Like Captures, Lazăr’s film tacitly invokes Flusser’s distinction between the two kinds of representation and reception of the world, the historical – linear – and the visual – magical. And this is because both pose the question of preservation, of all that remains and is lost in a culture that wants to preserve itself in its entirety. In fact, in these terms, A Dying Leaf Should Be Able to Carry the Weight of the World is the unsuspecting counterpart to Captures.

Comparing recent footage from a visit to the “Garden of Five Continents” in Cluj – shaky frames, eulogistic, almost religious glances at the museum’s geometric misanthus, with its sheen of glass and laminated wood under neon light – with illustrations from the printed guide to the same greenhouse in ‘79, the filmmaker immediately assures the museum’s presumption as a keeper of history. Accompanying the images, the voiceover gives rise to an open essay, rather in the form of notes, little odes of poetry and theory – a Teleencyclopedia of critical theory – about, on the one hand, the power of botanical conservation as a science, and on the other, the ideological limits of museum practices, the violence that knowledge and documentation have presupposed, the impression of the culture’s domination over the nature they nurture, etc. It may seem paradoxical that, with these arguments on the table, the text continues to show itself enamored of preserved plant exhibits. But this is not at all the case, for Lazarus prizes the image of plants, and thus the magical understanding of them, as a landscape in their own right, not the backdrop for human civilization as it becomes in institutionalized history. This is beautifully seen in its climactic moments, when the images in the greenhouse become abstract, melting into 3D animations of living, pre-applied, and wild landscapes, the revenge of the moving image over the fixed, culturally set one.

It worries me to hear Raya Al Souliman wondering if she’ll make films again. Just as it worried me to read Jude’s statement, already at a very high point in his career, about his first film that he called “experimental”: “I hope there will be the possibility of screening this film in Romania, either in cinemas or galleries.” But to get back to these three short films, I don’t know what to write so as not to sound reductive – that I wish them a lot of screen time. Of course, I do, what I saw seems infinitely more valuable than many hours of ordinary films distributed in Romania. A way out of the insularity of short films, non-fiction, experimental?

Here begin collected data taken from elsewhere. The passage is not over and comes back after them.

// A dossier with the rank kind that its rank rows are judged by.
ghost use Rattle.std.specs.Prelude.{◌≡◌};

use crate::kind::RankKind;
use crate::view::View;
use sources::source::Source;

#[derive(Drop)]
pub(crate) struct Ranked<'a, S: Source, K: RankKind> {
    pub(crate) view: View<'a, S>,
    pub(crate) kind: &'a K,
    ghost ranks: { view.head.rank_numbers ≡ K.kind.numbers },
}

Definitely, for I felt again that I had been shown an important secret, like when I saw all those movies I breathlessly listed at the beginning. And it always seemed to me that a secret worth complicity is already a public secret, made to circulate, thus defying its context: that an image worth having is already a public image.

 

*The films were commissioned by artist Larisa Crunțeanu, general director of the 2023 edition of the One World Romania Film and Human Rights Festival, in continuation of the inaugural exhibition curated by her “Research for Tomorrow. Videodioramas” (20 March – 20 April 2023, Scena9 Residence). Work-in-progress versions of the films premiered at the festival’s Timișoara retrospective on 5 November 2023. This text was also commissioned as part of the same project.

 

[1]  Walter Benjamin, “Scurtă istorie a fotografiei”, IDEA Magazine, translated by Maria-Magdalena Anghelescu, opened on 29th December 2023.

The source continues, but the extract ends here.